WHAT IS REQUIRED:
Copy exactly, please, the lines of the data from its start through the line containing "use std::marker::Model;".

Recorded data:
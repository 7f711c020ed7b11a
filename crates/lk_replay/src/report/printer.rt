//! Plays moves on a lock, and prints the line of each as it is played. No line asks for memory.

ghost use Rattle.std.specs.Prelude.{◌≡◌, ◌<◌, ◌≤◌, length, take, IfOk, OnErr, OnOk, []};
ghost use Rattle.lk_locks.specs.Steps.{refusal_of, refused_with};
ghost use Rattle.lk_locks.specs.invariants.Kept.{IsTracked};
ghost use Rattle.lk_replay.specs.Report.{line_start};
ghost use Rattle.lk_replay.specs.Printing.{Printing, line_text, printing_after, printing_of};

use crate::Line;
use crate::played::Accepted;
use crate::report::numerals::{put_count, put_number};
use crate::report::occupancy::OccupancyText;
use crate::report::text::{put, put_block};
use lk_lines::{move_block, outcome_block};
use lk_locks::{Machine, Refusal, Shape};
use lk_words::WordArray;
use std::marker::Model;

/// The bytes of the smallest place that lines are put into. A line has at most 64 bytes that
/// describe the move, and 384 that show who holds and who waits.
pub const LEAST_PLACE: usize = 448;

/// A lock, its holders and waiting threads, and how many moves were played on it.
#[derive(Drop)]
pub struct Printer {
    count: u32,
    machine: Machine<WordArray>,
    occupancy: OccupancyText,
}

impl Model for Printer {
    ghost Value = { Printing };

    ghost view = { λ a. record {
      state = a.machine;
      occupancy = a.occupancy;
      count = a.count;
    } };

    ghost invariant = { λ a. IsTracked a.machine a.occupancy.sequential };
}

// Writes `K T WORD OUTCOME hold ` of an accepted move, and returns where it ends.
#[tactic(auto, unfolding(crate::specs::Report::line_start))]
fn put_start(line: &mut [u8], count: u32, accepted: &Accepted) -> usize
    requires { 80 ≤ length line.old }
    ensures text { take result line.new ≡ line_start count accepted.now }
    ensures short { result ≤ 64 }
{
    let at = put_count(line, count);
    let at = put(line, at, b" ");
    let at = put_number(line, at, accepted.thread);
    let at = put(line, at, b" ");
    let (block, len) = move_block(accepted.action);
    let at = put_block::<16>(line, at, block, len);
    let (block, len) = outcome_block(accepted.outcome);
    let at = put_block::<16>(line, at, block, len);
    put(line, at, b"hold ")
}

impl Printer {
    /// Returns a new lock of this shape.
    pub fn new(shape: Shape) -> Printer
        ensures { result ≡ printing_of shape }
    {
        Printer {
            count: 0,
            machine: Machine::at_start(shape),
            occupancy: OccupancyText::new(shape.kind()),
        }
    }

    /// Returns how many moves were played.
    pub fn count(&self) -> u32
        ensures { result ≡ self.now.count }
    {
        self.count
    }

    /// Plays a move, prints its line at the front of a place, and returns how long the line is.
    ///
    /// # Errors
    ///
    /// The refusal of the move. Then nothing was played or printed.
    #[inline(always)]
    pub fn print_move(&mut self, line: Line, place: &mut [u8]) -> Result<usize, Refusal>
        requires place { 448 ≤ length place.old }
        requires few { self.old.count < 65536 }
        ensures refused { refused_with result
            ≡ refusal_of self.old.state line.thread line.action }
        ensures text { IfOk result (λ len. take len place.new ≡ line_text self.old line) }
        ensures fits { IfOk result (λ len. len ≤ length place.new) }
        ensures after { OnOk result (self.new ≡ printing_after self.old line) }
        ensures same { OnErr result (self.new ≡ self.old) }
    {
        let (outcome, added) = self.machine.play(line.thread, line.action)?;
        self.occupancy.follow(line.thread, added);
        self.count += 1;
        let accepted = Accepted {
            line: line.number,
            thread: line.thread,
            action: line.action,
            outcome,
        };
        let at = put_start(place, self.count, &accepted);
        Ok(self.occupancy.put(place, at))
    }
}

RESULT FOR THIS EXERCISE:
repository 7f711c020ed7b11a
filename crates/lk_replay/src/report/printer.rt
//! Plays moves on a lock, and prints the line of each as it is played. No line asks for memory.

ghost use Rattle.std.specs.Prelude.{◌≡◌, ◌<◌, ◌≤◌, length, take, IfOk, OnErr, OnOk, []};
ghost use Rattle.lk_locks.specs.Steps.{refusal_of, refused_with};
ghost use Rattle.lk_locks.specs.invariants.Kept.{IsTracked};
ghost use Rattle.lk_replay.specs.Report.{line_start};
ghost use Rattle.lk_replay.specs.Printing.{Printing, line_text, printing_after, printing_of};

use crate::Line;
use crate::played::Accepted;
use crate::report::numerals::{put_count, put_number};
use crate::report::occupancy::OccupancyText;
use crate::report::text::{put, put_block};
use lk_lines::{move_block, outcome_block};
use lk_locks::{Machine, Refusal, Shape};
use lk_words::WordArray;
use std::marker::Model;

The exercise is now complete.